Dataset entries
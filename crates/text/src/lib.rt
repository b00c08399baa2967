// Text in a lent buffer: numbers in decimal, also right-aligned in columns, and bytes as they are. A writer begins at byte `at` and hands back
// where its text ends. Where fewer bytes are left than its longest text has, it writes nothing and hands `at` back.
#![tactic(auto)]

mod columns;
mod fields;
mod groups;
mod numerals;
mod pieces;

pub use columns::right_number;
pub use fields::{bytes, has_room, number};
pub use numerals::{LONGEST_NUMBER, LONGEST_SIGNED};
pub use pieces::Pieces;
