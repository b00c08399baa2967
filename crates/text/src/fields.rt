// The writers that check for room.
ghost use Rattle.std.specs.Prelude.{◌≡◌, [], ◌∷◌, ◌++◌, ◌+◌, ◌≤◌, leb, length};
ghost use Rattle.text.specs.Put.{put, written, end};

use crate::groups::put_byte;
use crate::numerals::Decimal;

// Whether n bytes are left from byte `at` on. The sum of both might not fit its type, so they are subtracted from the length.
pub fn has_room(n: usize, length: usize, at: usize) -> bool
    ensures { result ≡ leb (at + n) length }
{
    n <= length && at <= length - n
}

// Writes a number in decimal and the byte `last` after it.
pub fn number<N: Decimal>(n: N, last: u8, out: &mut [u8], at: usize) -> usize
    ensures end { result ≡ end N.longest out.old at (N.in_decimal n ++ (last ∷ [])) }
    ensures text { out.new ≡ written N.longest out.old at (N.in_decimal n ++ (last ∷ [])) }
{
    if !has_room(N::longest(), out.len(), at) {
        return at;
    }
    let next = n.put(out, at);
    put_byte(last, out, next)
}

// Writes bytes as they are.
pub fn bytes(text: &[u8], out: &mut [u8], at: usize) -> usize
    ensures end { result ≡ end (length text.now) out.old at text.now }
    ensures text { out.new ≡ written (length text.now) out.old at text.now }
{
    if !has_room(text.len(), out.len(), at) {
        return at;
    }
    copy(text, out, at)
}

// Copies bytes into a buffer that has room for them.
fn copy(text: &[u8], out: &mut [u8], at: usize) -> usize
    requires { at + length text.now ≤ length out.old }
    ensures end { result ≡ at + length text.now }
    ensures text { out.new ≡ put out.old at text.now }
{
    let end = at + text.len();
    out[at..end].copy_from_slice(text);
    end
}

• **Exercise instructions**: Beginning with the line that holds "filename crates/text/src/fields.rt", copy the entries exactly to their last line, and leave out every earlier line.

• **Solved problem**:
filename crates/text/src/fields.rt
// The writers that check for room.
ghost use Rattle.std.specs.Prelude.{◌≡◌, [], ◌∷◌, ◌++◌, ◌+◌, ◌≤◌, leb, length};
ghost use Rattle.text.specs.Put.{put, written, end};

use crate::groups::put_byte;
use crate::numerals::Decimal;

// Whether n bytes are left from byte `at` on. The sum of both might not fit its type, so they are subtracted from the length.
pub fn has_room(n: usize, length: usize, at: usize) -> bool
    ensures { result ≡ leb (at + n) length }
{
    n <= length && at <= length - n
}

// Writes a number in decimal and the byte `last` after it.
pub fn number<N: Decimal>(n: N, last: u8, out: &mut [u8], at: usize) -> usize
    ensures end { result ≡ end N.longest out.old at (N.in_decimal n ++ (last ∷ [])) }
    ensures text { out.new ≡ written N.longest out.old at (N.in_decimal n ++ (last ∷ [])) }
{
    if !has_room(N::longest(), out.len(), at) {
        return at;
    }
    let next = n.put(out, at);
    put_byte(last, out, next)
}

// Writes bytes as they are.
pub fn bytes(text: &[u8], out: &mut [u8], at: usize) -> usize
    ensures end { result ≡ end (length text.now) out.old at text.now }
    ensures text { out.new ≡ written (length text.now) out.old at text.now }
{
    if !has_room(text.len(), out.len(), at) {
        return at;
    }
    copy(text, out, at)
}

// Copies bytes into a buffer that has room for them.
fn copy(text: &[u8], out: &mut [u8], at: usize) -> usize
    requires { at + length text.now ≤ length out.old }
    ensures end { result ≡ at + length text.now }
    ensures text { out.new ≡ put out.old at text.now }
{
    let end = at + text.len();
    out[at..end].copy_from_slice(text);
    end
}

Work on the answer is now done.